I have an RNAseq dataset where some of the samples were run twice, and my counts for those samples are the result of combining a first and second run's output. Since not all of these samples had a second run, I want to set up the second run's lane as a variable in my design. The way I have done this is to create a variable categorical variable "secondrun" that has "1" or "NA" and a conditional variable 'lanesecondrun' that nests within secondrun. As I understand it this should mean lanesecondrun is only considered when secondrun exists (like the commonly given example of a model where "age of spouse" is only considered when the variable "spouse" is turned on). Unfortunately this is giving me an error in the 'estimateDisp() step of the edgerR pipeline.
design <- model.matrix(~0 + Disease + Batch + secondrun + (secondrun:lanesecondrun) + RIN + Sex + PMI + Smoking + Ethanol, bigdemos) dge.estDisp.out <- estimateDisp(dge.tmm.normfact.out, design) Error in glmFit.default(sely, design, offset = seloffset, dispersion = 0.05, : nrow(design) disagrees with ncol(y)
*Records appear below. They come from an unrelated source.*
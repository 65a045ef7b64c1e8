//! Summaries of records, and of two ranges that adjoin.

ghost use Rattle.std.specs.Prelude.{◌≡◌, map, IfOk};
ghost use Rattle.history.specs.Whole.{entry_of};
ghost use Rattle.history.specs.fuzzy_copies.Summary.{both_summed, summary_of};
ghost use Rattle.wal_summary.specs.Summary.{AreSorted, IsSummary, table_of_summary};

use crate::mark_map::MarkMap;
use crate::summary::Summary;
use lsn_core::{Lsn, NoMemory};
use std::alloc::Global;
use wal_record::Record;

/// The summary of the records of a list that start at `start` or past it, and below `end`. For each
/// fork it has the least limit that one sets: a creation 0, a truncation of the main fork its
/// length. A block is listed where a record touches it and no later one sets a limit at or below
/// it (profile; pg_walsummary).
pub fn summarise(
    alloc: Global,
    recs: &[Record],
    start: Lsn,
    end: Lsn,
    made: u64,
) -> Result<Summary, NoMemory>
    ensures head { IfOk result
        (λ sum. (sum.start ≡ start) × (sum.end ≡ end) × (sum.made ≡ made)) }
    ensures forks { IfOk result
        (λ sum. IsSummary (summary_of (map entry_of recs.now) start.0 end.0) sum.forks) }
{
    let mut marks = MarkMap::new(alloc);
    marks.add_records(recs, start, end)?;
    let forks = marks.summaries(alloc)?;
    Ok(Summary {
        start,
        end,
        made,
        forks,
    })
}

/// The summary of two ranges of which one begins where the other ends: the first one's blocks but
/// for those at or past the next one's limit, the next one's blocks, and the least limit (profile).
/// It was made when the next one was.
pub fn merge(alloc: Global, first: &Summary, next: &Summary) -> Result<Summary, NoMemory>
    requires meet { first.now.end ≡ next.now.start }
    requires first { AreSorted first.now.forks }
    requires next { AreSorted next.now.forks }
    ensures head { IfOk result (λ sum. (sum.start ≡ first.now.start)
        × (sum.end ≡ next.now.end) × (sum.made ≡ next.now.made)) }
    ensures forks { IfOk result (λ sum. IsSummary
        (both_summed (table_of_summary first.now) (table_of_summary next.now)) sum.forks) }
{
    let mut marks = MarkMap::new(alloc);
    marks.add_summary(first)?;
    marks.add_summary(next)?;
    let forks = marks.summaries(alloc)?;
    Ok(Summary {
        start: first.start,
        end: next.end,
        made: next.made,
        forks,
    })
}
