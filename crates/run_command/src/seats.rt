//! The workers of a script: what each needs before areas are asked for, and how they are seated for
//! a run, each with its pass and the areas of its backups.

ghost use Rattle.std.specs.Prelude.{◌≡◌, ◌+◌, ◌<◌, ◌≤◌, ◌∷◌, ◌++◌, [], length, map, IfOk, OnOk};
ghost use Rattle.std.specs.List.{flat_map};
ghost use Rattle.std.specs.Vec.{vec_len, vec_capacity};
ghost use Rattle.scripts.specs.Named.{HaveOtherPriors};
ghost use Rattle.run_command.specs.Run.{NamePriors, run_workers};
ghost use Rattle.run_command.specs.Inner.{AddsSeat, AreNamesFor, AreReady, AreSeated, HasPlaces, HasRoom};
ghost use Rattle.run_command.specs.Inner.{IsReady, IsSeated, IsWork, SitOn, areas_counted};
ghost use Rattle.run_command.specs.Inner.{areas_held, passes_for, passes_of, tasks_of, told_of};

use crate::lending::{asked_areas, keep_names};
use crew::Worker;
use lsn_core::{NoMemory, Text};
use run_answers::{Answer, Answers, Told};
use scripts::{Script, Task};
use shared_store::Pass;
use shared_summaries::OfRetention;
use std::alloc::Global;
use vault::{Held, Vault};

/// A worker that isn't seated yet: its task, how many areas of backups its lines ask for, and room
/// for these and for the answers.
#[derive(Drop)]
pub struct Seat<V: Vault> {
    pub task: Task,
    pub count: usize,
    pub areas: Vec<Held<V>>,
    pub answers: Vec<Answer>,
}

/// What a run needs before it asks for areas: the seats of its workers, and room for what they are
/// told.
#[derive(Drop)]
pub struct Work<V: Vault> {
    pub seats: Vec<Seat<V>>,
    pub told: Vec<Told>,
}

impl<V: Vault> Work<V> {
    /// How many passes the run takes: one for each worker, and one where there is none.
    pub fn passes(&self) -> u32
        requires few { length self.now.seats.items ≤ run_workers }
        ensures { result ≡ passes_for self.now.seats.items }
    {
        self.seats.len().max(1) as u32
    }
}

/// Puts something where there is room for it.
fn put<T: Drop>(list: &mut Vec<T>, one: T)
    requires { vec_len list.old < vec_capacity list.old }
    ensures items { list.new.items ≡ list.old.items ++ (one ∷ []) }
    ensures len { vec_len list.new ≡ vec_len list.old + 1 }
    ensures capacity { vec_capacity list.old ≤ vec_capacity list.new }
{
    if list.push(one).is_err() {
        unreachable!()
    }
}

/// The seat of a task, whose areas are noted behind these names.
fn seat_of<V: Vault>(alloc: Global, task: Task, names: &mut Vec<Text>) -> Result<Seat<V>, NoMemory>
    requires priors { HaveOtherPriors task.lines }
    ensures ready { IfOk result IsReady }
    ensures task { IfOk result (λ seat. seat.task ≡ task) }
    ensures names { IfOk result (λ seat. AddsSeat seat names.old.items names.new.items) }
{
    let asked = asked_areas(alloc, task.lines.as_slice())?;
    let count = asked.len();
    let areas = Vec::with_capacity(alloc, count)?;
    let answers = Vec::with_capacity(alloc, task.lines.as_slice().len())?;
    keep_names(names, asked)?;
    Ok(Seat {
        task,
        count,
        areas,
        answers,
    })
}

/// The seats of a script's workers, and the names of the areas that these ask for, a worker's
/// behind those of the one before it.
pub fn work_of<V: Vault>(alloc: Global, script: Script) -> Result<(Work<V>, Vec<Text>), NoMemory>
    requires few { length script ≤ run_workers }
    requires priors { NamePriors script }
    ensures work { IfOk result (λ made. IsWork made.0) }
    ensures script { IfOk result (λ made. tasks_of made.0.seats.items ≡ script) }
    ensures names { IfOk result (λ made. AreNamesFor made.0.seats.items made.1.items) }
{
    let workers = script.into_workers();
    let told = Vec::with_capacity(alloc, workers.len())?;
    let mut seats = Vec::new(alloc);
    let mut names = Vec::new(alloc);
    for task in workers {
        seats.push(seat_of(alloc, task, &mut names)?)?;
    }
    Ok((Work { seats, told }, names))
}

/// Takes so many areas off the end of those that are held.
fn take_last<V: Vault>(held: &mut Vec<Held<V>>, count: usize, areas: &mut Vec<Held<V>>)
    requires many { count ≤ length held.old.items }
    requires room { HasRoom areas.old count }
    ensures held { held.old.items ≡ held.new.items ++ areas.new.items }
    ensures many { length areas.new.items ≡ count }
    ensures len { vec_len held.new + count ≡ vec_len held.old }
    ensures capacity { vec_capacity held.new ≡ vec_capacity held.old }
{
    for _ in 0..count {
        let Some(one) = held.pop() else {
            unreachable!()
        };
        put(areas, one);
    }
    areas.reverse();
}

/// A worker in its seat, with its pass and its areas, the last of those that are held.
fn seated<J: OfRetention, V: Vault>(
    seat: Seat<V>,
    pass: Pass<J>,
    held: &mut Vec<Held<V>>,
) -> Worker<J, V>
    requires many { seat.count ≤ length held.old.items }
    requires room { HasRoom seat.areas seat.count }
    ensures seated { IsSeated seat result }
    ensures pass { result.pass ≡ pass }
    ensures held { held.old.items ≡ held.new.items ++ result.areas.items }
    ensures len { vec_len held.new + seat.count ≡ vec_len held.old }
    ensures capacity { vec_capacity held.new ≡ vec_capacity held.old }
{
    let Seat {
        task,
        count,
        areas,
        answers,
    } = seat;
    let mut areas = areas;
    take_last(held, count, &mut areas);
    Worker {
        task,
        pass,
        areas,
        answers,
    }
}

/// Seats the workers of a crew, each on its pass.
pub fn seat_all<J: OfRetention, V: Vault>(
    crew: &mut Vec<Worker<J, V>>,
    seats: Vec<Seat<V>>,
    passes: &mut Vec<Pass<J>>,
    held: &mut Vec<Held<V>>,
)
    requires room { HasRoom crew.old (length seats.items) }
    requires ready { AreReady seats.items }
    requires passes { length seats.items ≤ length passes.old.items }
    requires held { areas_counted seats.items ≤ length held.old.items }
    ensures seated { AreSeated seats.items crew.new.items }
    ensures sit { SitOn crew.new.items passes.old.items passes.new.items held.old.items
        held.new.items }
    ensures passes_places { HasPlaces passes.new (length seats.items) }
    ensures held_places { HasPlaces held.new (areas_counted seats.items) }
{
    let mut seats = seats;
    while let Some(seat) = seats.pop() {
        let Some(pass) = passes.pop() else {
            unreachable!()
        };
        put(crew, seated(seat, pass, held));
    }
    crew.reverse();
}

/// Puts areas behind those that are held.
fn hand_back<V: Vault>(held: &mut Vec<Held<V>>, areas: Vec<Held<V>>)
    requires places { HasPlaces held.old (length areas.items) }
    ensures held { held.new.items ≡ held.old.items ++ areas.items }
    ensures len { vec_len held.new ≡ vec_len held.old + length areas.items }
    ensures capacity { vec_capacity held.old ≤ vec_capacity held.new }
{
    for one in areas {
        put(held, one);
    }
}

/// Takes the workers of a crew off their seats: their passes and areas go back where they came
/// from, and what each was told stands with its task.
pub fn raise_all<J: OfRetention, V: Vault>(
    crew: Vec<Worker<J, V>>,
    passes: &mut Vec<Pass<J>>,
    held: &mut Vec<Held<V>>,
    told: &mut Vec<Told>,
)
    requires passes { HasPlaces passes.old (length crew.items) }
    requires held { HasPlaces held.old (length (areas_held crew.items)) }
    requires told { HasPlaces told.old (length crew.items) }
    ensures passes { passes.new.items ≡ passes.old.items ++ passes_of crew.items }
    ensures held { held.new.items ≡ held.old.items ++ areas_held crew.items }
    ensures told { told.new.items ≡ told.old.items ++ told_of crew.items }
{
    for worker in crew {
        let Worker {
            task,
            pass,
            areas,
            answers,
        } = worker;
        put(passes, pass);
        hand_back(held, areas);
        let answers = Answers::from_vec(answers);
        put(told, Told { task, answers });
    }
}
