//! Summaries of the WAL: which blocks of which forks the entries of a range touched, and to which
//! length a fork was cut (PostgreSQL manual, pg_walsummary; common/blkreftable.h).
//!
//! What a summary says is a block reference table of `fuzzy_copies`, whose law of incremental
//! copies speaks of `summary_of` a range; `specs/Summary.antt` says which forks are the summary of
//! a table. `MarkMap` gathers what records and summaries say, in one pass, and throws away the
//! marks that a later limit takes off. `summarise` and `merge` are one walk over it, and so is
//! `covering`, over the kept summaries that overlap a range (`specs/Kept.antt`). Laws of their own
//! say that a range has one summary, and that merging gives the summary of the whole.
//!
//! Left to others: what an entry means (`history`), and a summary's file.
#![tactic(auto)]

mod fork_marks;
mod kept;
mod laws;
mod making;
mod mark_map;
mod summary;

pub use kept::{CoverFault, covering};
pub use laws::{
    honest_summaries_stay, logs_are_summed_up, merges_sum_up_both, neighbours_are_merged,
    summaries_are_one,
};
pub use making::{merge, summarise};
pub use mark_map::MarkMap;
pub use summary::{BlockNumbers, ForkSummaries, ForkSummary, Summary};
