//! What is marked of one fork.

ghost use Rattle.std.specs.Prelude.{◌≡◌, ◌&&◌, ◌||◌, ◌==◌, ℕ, false, None, Some, not, nat_le, OnOk};
ghost use Rattle.history.specs.fuzzy_copies.Summary.{least};
ghost use Rattle.wal_summary.specs.Marks.{has_block};

use lsn_core::NoMemory;
use std::alloc::Global;
use std::collections::BTreeSet;

/// The least length to which a fork was cut, and the blocks that were touched since.
#[derive(Drop)]
pub(crate) struct ForkMarks {
    pub limit: Option<u32>,
    pub blocks: BTreeSet<u32>,
}

impl ForkMarks {
    /// Nothing is marked.
    pub(crate) fn new(alloc: Global) -> ForkMarks
        ensures limit { result.limit ≡ None }
        ensures blocks { (block : ℕ) → has_block result block ≡ false }
    {
        ForkMarks {
            limit: None,
            blocks: BTreeSet::new(alloc),
        }
    }

    /// Marks a block.
    pub(crate) fn touch(&mut self, block: u32) -> Result<(), NoMemory>
        ensures limit { self.new.limit ≡ self.old.limit }
        ensures blocks { OnOk result
            ((b : ℕ) → has_block self.new b ≡ (has_block self.old b || (b == block))) }
    {
        self.blocks.insert(block)?;
        Ok(())
    }

    /// Lowers the limit to this length at most, and takes off the blocks at it or past it.
    pub(crate) fn cut(&mut self, count: u32) -> Result<(), NoMemory>
        ensures limit { self.new.limit ≡ least self.old.limit (Some count) }
        ensures blocks { OnOk result
            ((b : ℕ) → has_block self.new b ≡ (has_block self.old b && not (nat_le count b))) }
    {
        self.limit = Some(match self.limit {
            Some(limit) => limit.min(count),
            None => count,
        });
        let _ = self.blocks.split_off(&count)?;
        Ok(())
    }
}
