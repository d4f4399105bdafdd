// A system whose least table has as many rows as it is made for: the last letters that were read, of two, as a number.
ghost use Rattle.std.specs.Prelude.{◌≡◌, ℕ, ◌+◌, ◌*◌, ◌/◌, ◌^◌, ◌<◌, List, [], ◌∷◌, length, slice_index};
ghost use Rattle.timing.specs.Windows.{wrap as wrapped, upper};

use exploration::system::System;

#[derive(Drop)]
pub struct Window {
    pub size: u32,
    ghost some: { 0 < size },
    ghost small: { size < 2 ^ 30 },
}

// A byte of 128 and more is the second letter.
impl System for Window {
    ghost width = { λ _. 1 };

    ghost count = { λ _. 2 };

    ghost column = { λ _ b. b / 128 };

    ghost least = { λ _ j. 128 * j };

    ghost begin = { λ _. 0 ∷ [] };

    ghost next = { λ s k b. wrapped s.size (2 * slice_index k 0 + b / 128) ∷ [] };

    ghost shows = { λ s k. upper s.size (slice_index k 0) };

    ghost ready = { λ _. Unit {0} };

    ghost good = { λ s k. (length k ≡ 1) × (slice_index k 0 < s.size) };

    fn size(&self) -> usize {
        1
    }

    fn columns(&self) -> usize {
        2
    }

    fn start(&self, out: &mut [u32]) {
        out[0] = 0;
    }

    fn step(&self, key: &[u32], at: usize, out: &mut [u32]) {
        out[0] = wrap(self.size, 2 * key[0] + at as u32);
    }

    fn show(&self, key: &[u32]) -> u32 {
        u32::from(self.size <= 2 * key[0])
    }
}

fn wrap(size: u32, number: u32) -> u32
    ensures { result ≡ wrapped size number }
{
    if number < size { number } else { number - size }
}
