// How the time of exploring and refining grows with the rows: the window over the last letters, for 64 to 4,096 rows. Without an
// argument each is done once and only what was found is printed. With one, each is done a hundred times and the microseconds of all
// turns are printed too, so that they can be held to what a clock outside says of the whole run.

#![tactic(auto)]

mod window;

use exploration::explore::explore;
use exploration::index::BUCKETS;
use machines::raw::RawTable;
use refinement::refine::refine;
use std::alloc::{AllocError, Global};
use std::time::Instant;
use std::{env, io};
use window::Window;

const COLUMNS: usize = 2;

fn main(rt: HostRuntime) -> io::Result<()> {
    let timed = env::args(&rt)?.count() > 1;
    for size in [64u32, 128, 256, 512, 1024, 2048, 4096] {
        measure(&rt, size, timed)?;
    }
    Ok(())
}

// Explores and refines the window of one size.
fn measure(rt: &HostRuntime, size: u32, timed: bool) -> io::Result<()> {
    let heap = rt.alloc();
    let turns = if timed { 100u32 } else { 1u32 };
    let mut table = vec![in heap; 0u32; 257 * size as usize]?;
    let mut rows = 0;
    let begun = Instant::now(rt)?;
    for _turn in 0..turns {
        // What wasn't done is printed as 0, here and below.
        rows = explored(heap, size, table.as_mut_slice())?.unwrap_or(0);
    }
    let exploring = begun.elapsed(rt)?.as_micros();
    let mut blocks = 0;
    let begun = Instant::now(rt)?;
    for _turn in 0..turns {
        blocks = refined(heap, rows, table.as_slice())?.unwrap_or(0);
    }
    let refining = begun.elapsed(rt)?.as_micros();
    if timed {
        println!(rt;
            "{rows} rows, {blocks} blocks: {exploring} us exploring, {refining} us refining, {turns} turns"
        )
    } else {
        println!(rt; "{rows} rows, {blocks} blocks")
    }
}

// How many rows the window's table has, which is written, if there is room for it.
fn explored(heap: Global, size: u32, table: &mut [u32]) -> Result<Option<usize>, AllocError> {
    let most = size as usize;
    let mut work = vec![in heap; 0u32; 2 * most + (1 + BUCKETS)]?;
    if size == 0 || size > 65536 || table.len() < 257 * most {
        return Ok(None);
    }
    Ok(explore(&Window { size }, most, table, work.as_mut_slice()))
}

// Into how many blocks the rows fall, if they are a table's.
fn refined(heap: Global, rows: usize, table: &[u32]) -> Result<Option<usize>, AllocError> {
    let Some(table) = RawTable::checked(table, COLUMNS, rows) else {
        return Ok(None);
    };
    if rows > 65536 {
        return Ok(None);
    }
    let mut block = vec![in heap; 0u32; rows]?;
    let mut fresh = vec![in heap; 0u32; rows]?;
    refine(table, block.as_mut_slice(), fresh.as_mut_slice());
    let firsts = block
        .iter()
        .enumerate()
        .filter(|(i, least)| **least as usize == *i);
    Ok(Some(firsts.count()))
}
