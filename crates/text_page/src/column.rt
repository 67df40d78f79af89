// Texts and numbers laid into the columns of a line.
ghost use Rattle.std.specs.Prelude.{◌≡◌, ◌-◌, ◌≤◌, length};
ghost use Rattle.text_put.specs.Decimal.{decimal};
ghost use Rattle.text_page.specs.Columns.{place_in, in_column, InLine};

use text_put::put::put_text;
use text_put::words::put_decimal;

// The side of its column to which a text stands.
#[derive(Clone, Copy)]
pub enum Side {
    Left,
    Right,
}

// A column of a line: its first character, from 1, how many it has, and the side to which its text stands.
#[derive(Clone, Copy)]
pub struct Column {
    pub first: usize,
    pub width: usize,
    pub side: Side,
}

// Where a text of n characters begins in its column, from 0.
fn place_in(column: Column, n: usize) -> usize
    requires { InLine column }
    ensures { (result ≡ place_in column n) × (result ≤ 32) }
{
    let from = column.first - 1;
    let gap = column.width.saturating_sub(n);
    match column.side {
        Side::Left => from,
        Side::Right => from + gap,
    }
}

// Lays a text into its column of a line.
pub(crate) fn put_in(line: &mut [u8], column: Column, text: &[u8])
    requires { InLine column × (length text.now ≤ 32) }
    ensures { line.new ≡ in_column line.old column text.now }
{
    put_text(line, place_in(column, text.len()), text);
}

// Lays a number into its column, in decimal.
pub(crate) fn put_number(line: &mut [u8], column: Column, n: u32)
    requires { InLine column }
    ensures { line.new ≡ in_column line.old column (decimal n) }
{
    let mut digits = [0u8; 10];
    let size = put_decimal(&mut digits, 0, n);
    put_in(line, column, &digits[..size]);
}
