// The chains of a kernel file as rows, from the order of its records.
#![tactic(auto)]

mod chain;
pub mod whole;
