// The pages of a kernel file of whatever bytes, written into an output buffer of whatever length.
ghost use Rattle.std.specs.Prelude.{◌≡◌, ◌+◌, ◌*◌, ◌≤◌};
ghost use Rattle.file_format.specs.Accepted.{Program};
ghost use Rattle.sheet_format.specs.Bytes.{write_into};
ghost use Rattle.text_page.specs.Pages.{page_count, page_text, write_page};
ghost use Rattle.text_page.specs.Given.{Given};

use crate::line::put_heading;
use crate::lines::put_lines;
use file_verdict::refusal::Refusal;
use sheet_format::{Level, WriteResult};
use sheet_lower::lower::lower_ordered;

// The bytes of the pages of n lines.
fn page_size(n: usize) -> usize
    requires { n ≤ 512 }
    ensures { result ≡ 33 * (n + page_count n) }
{
    if n == 0 {
        return 33;
    }
    33 * (n + n.div_ceil(55))
}

// The pages from the n rows of a level 2 sheet and the records in the order of its lanes; 9, and `out` as it was, where
// they do not fit.
fn put_pages(sheet: &[u8], order: &[u16], n: usize, out: &mut [u8]) -> WriteResult
    requires { (k : Program) × Given k sheet.now order.now n }
    ensures { (k : Program) → Given k sheet.now order.now n
        → (result, out.new) ≡ write_into (page_text k) out.old }
{
    let size = page_size(n);
    if out.len() < size {
        return Err(Refusal::ShortBuffer);
    }
    if n == 0 {
        put_heading(out, 0, 1);
    } else {
        put_lines(out, sheet, order, n);
    }
    Ok(size)
}

// The pages of the level 2 sheet at the front of `out`; a refusal, 9 for a buffer that is too short, leaves `out` as it
// was.
pub fn write_page(file: &[u8], out: &mut [u8]) -> WriteResult
    ensures { (result, out.new) ≡ write_page file.now out.old }
{
    let mut sheet = [0u8; 4112];
    let mut order = [0u16; 256];
    let size = lower_ordered(Level::Level2, file, &mut sheet, &mut order)?;
    put_pages(&sheet, &order, (size - 16) / 8, out)
}
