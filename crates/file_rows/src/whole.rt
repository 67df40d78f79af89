// The chains of a file behind a header, once checks 1 to 7 have passed.
ghost use Rattle.std.specs.Prelude.{◌≡◌, ◌+◌, ◌*◌, ◌≤◌, length};
ghost use Rattle.std.proofs.lemmas.List.Edits.{sets};
ghost use Rattle.file_format.specs.Fields.{record_count};
ghost use Rattle.file_format.specs.Structured.{Structured};
ghost use Rattle.file_format.specs.Accepted.{program_of};
ghost use Rattle.file_chains.specs.Ordered.{Ordered};
ghost use Rattle.sheet_format.specs.declared.Level.TheVariants.{Level0};
ghost use Rattle.sheet_format.specs.Bytes.{over, sheet_bytes};
ghost use Rattle.sheet_format.specs.Put.{in_turn};
ghost use Rattle.file_rows.specs.Chains.{chain_at};

use crate::chain::write_chain;
use file_format::fields::{byte_at, word_at};
use sheet_rows::put::{put_counts, put_first};

// Writes the four lanes behind the header.
fn write_lanes(out: &mut [u8], s: &[u8], order: &[u16], place: &[u16], ends: &[usize; 4])
    requires room { 16 + 8 * record_count s.now ≤ length out.old }
    requires structure { Structured s.now }
    requires order { Ordered s.now order.now place.now ends.now }
    ensures { out.new ≡ sets out.old 16 (in_turn (chain_at s.now) 4) }
{
    let mut begin = 0;
    for end in ends {
        write_chain(out, s, order, place, begin, *end);
        begin = *end;
    }
}

// The chains at the front of `out`.
pub fn write_chains(out: &mut [u8], s: &[u8], order: &[u16], place: &[u16], ends: &[usize; 4])
    requires room { 16 + 8 * record_count s.now ≤ length out.old }
    requires structure { Structured s.now }
    requires order { Ordered s.now order.now place.now ends.now }
    ensures { out.new ≡ over (sheet_bytes Level0 (program_of s.now)) out.old }
{
    let mask = word_at(s, 4);
    put_first(out, byte_at(s, 0), byte_at(s, 1), byte_at(s, 2), 0, mask);
    let [a, b, c, d] = *ends;
    put_counts(out, a, b - a, c - b, d - c);
    write_lanes(out, s, order, place, ends);
}
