// A lane's rows, written from the file's records.
ghost use Rattle.std.specs.Prelude.{◌≡◌, ◌+◌, ◌*◌, ◌-◌, ◌<◌, ◌≤◌, length, get_or, take, drop};
ghost use Rattle.std.proofs.lemmas.List.Edits.{sets};
ghost use Rattle.file_format.specs.Fields.{target};
ghost use Rattle.file_format.specs.Accepted.{ops_of};
ghost use Rattle.file_chains.specs.Ordered.{landing_in};
ghost use Rattle.sheet_format.specs.Put.{Puts};
ghost use Rattle.sheet_rows.specs.Lanes.{op_rows};
ghost use Rattle.file_rows.specs.Records.{record_row, RecordIn, LaneIn};

use file_format::fields::whole_word;
use sheet_rows::put::copy_eight;

// The position in a lane of n records, the first at `begin` in the order, to which target x leads.
fn landing(place: &[u16], begin: usize, n: usize, x: usize) -> usize
    requires { (x < length place.now) × (¬ x ≡ 0 → begin + 1 ≤ get_or place.now x 0) }
    ensures { result ≡ landing_in place.now begin n x }
{
    if x == 0 {
        n
    } else {
        usize::from(place[x]) - 1 - begin
    }
}

// The row of record r from `at` on: its first eight bytes, of a SKIP with the position that it leads to.
fn put_record(out: &mut [u8], at: usize, s: &[u8], r: usize, place: &[u16], begin: usize, n: usize)
    requires room { at + 8 ≤ length out.old }
    requires known { RecordIn s.now place.now begin n r }
    ensures { out.new ≡ sets out.old at
        (record_row s.now r (landing_in place.now begin n (target s.now r))) }
{
    let from = 4 + 12 * r;
    copy_eight(out, at, s, from);
    // SKIP's code stays a number: one test of the code's byte a row, as fast as the bar asks.
    if s[from] == 7 {
        out[at + 4] = landing(place, begin, n, whole_word(s, from + 8)) as u8;
    }
}

// Writes the rows of the lane whose records stand in the order from `begin` up to `end`; the row of the record at j
// begins at byte 16 + 8 * j.
pub(crate) fn write_chain(
    out: &mut [u8],
    s: &[u8],
    order: &[u16],
    place: &[u16],
    begin: usize,
    end: usize,
)
    requires room { 16 + 8 * end ≤ length out.old }
    requires lane { LaneIn s.now order.now place.now begin end }
    ensures { Puts out.old (16 + 8 * begin)
        (op_rows (ops_of s.now (take (end - begin) (drop begin order.now)))) out.new
        (16 + 8 * end) }
{
    let n = end - begin;
    for p in 0..n {
        let j = begin + p;
        put_record(out, 16 + 8 * j, s, usize::from(order[j]), place, begin, n);
    }
}
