// The lines of the pages, from the rows of a level 2 sheet and the records in the order of its lanes.
ghost use Rattle.std.specs.Prelude.{◌≡◌, List, ℕ, ◌+◌, ◌*◌, ◌≤◌, ◌<◌, get_or};
ghost use Rattle.file_format.specs.Accepted.{Program};
ghost use Rattle.sheet_format.specs.Put.{Puts};
ghost use Rattle.sheet_format.specs.Read.{instr_by};
ghost use Rattle.sheet_rows.specs.Rows.{parts_in};
ghost use Rattle.text_page.specs.Lines.{takes as takesOf, page_lines};
ghost use Rattle.text_page.specs.Given.{RowAt, paged, Given};

use crate::line::put_row;
use sheet_format::code::Code;
use sheet_rows::parts::{Parts, parts_of};
use sheet_rows::read::row_at;

// A lane, and a position in it.
#[derive(Clone, Copy)]
pub(crate) struct Place {
    pub lane: usize,
    pub position: usize,
}

// Where row i stands, in a sheet whose lanes have these parts.
fn place_of(parts: Parts, i: usize) -> Place
    ensures few { (result.lane < 4) × (result.position ≤ i) }
    ensures row { (sheet : List ℕ) → parts ≡ parts_in sheet
        → 16 + 8 * i < get_or (parts_in sheet).from 3 0 + 8 * get_or (parts_in sheet).count 3 0
        → RowAt sheet i result.lane result.position }
{
    let mut position = i;
    for lane in 0..3 {
        let count = parts.count[lane];
        if position < count {
            return Place { lane, position };
        }
        position -= count;
    }
    Place { lane: 3, position }
}

// How many records the instruction with this code comes from: an operation from one, a barrier from none.
fn takes(code: u8) -> usize
    ensures { (result ≤ 1) × ((a b c : ℕ) → result ≡ takesOf (instr_by code a b c)) }
{
    match Code::from(u32::from(code)) {
        Code::LL | Code::LS | Code::SS | Code::SL => 0,
        _ => 1,
    }
}

// The record at j in the order; 0 past it.
fn record_at(order: &[u16], j: usize) -> u32
    ensures { result ≡ get_or order.now j 0 }
{
    u32::from(order.get(j).copied().unwrap_or(0))
}

// The n lines with their headings, from the front of `out`; the position behind them.
pub(crate) fn put_lines(out: &mut [u8], sheet: &[u8], order: &[u16], n: usize) -> usize
    requires { (k : Program) × Given k sheet.now order.now n }
    ensures { (k : Program) → Given k sheet.now order.now n
        → Puts out.old 0 (paged 0 (page_lines k)) out.new result }
{
    let parts = parts_of(sheet);
    let mut at = 0;
    let mut next = 0;
    for i in 0..n {
        let row = row_at(sheet, 16 + 8 * i);
        let place = place_of(parts, i);
        let lane = place.lane as u32;
        let position = place.position as u32;
        at = put_row(out, at, i, lane, position, row, record_at(order, next));
        next += takes(row.code);
    }
    at
}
Looking at my design matrix, I see that 'secondrun' has been assigned a 1 for all 300 rows, despite the fact that some of the 300 subjects had "NA" assigned to that column of the demos file. I also only see two of the three levels from 'lanesecondrun' represented in the design matrix (the first non NA value in the column from the demos file, F6, has no column in the design matrix.) This is my first time setting up a nested design.
I feel like I'm missing something obvious here. Can anyone tell me what I have done wrong?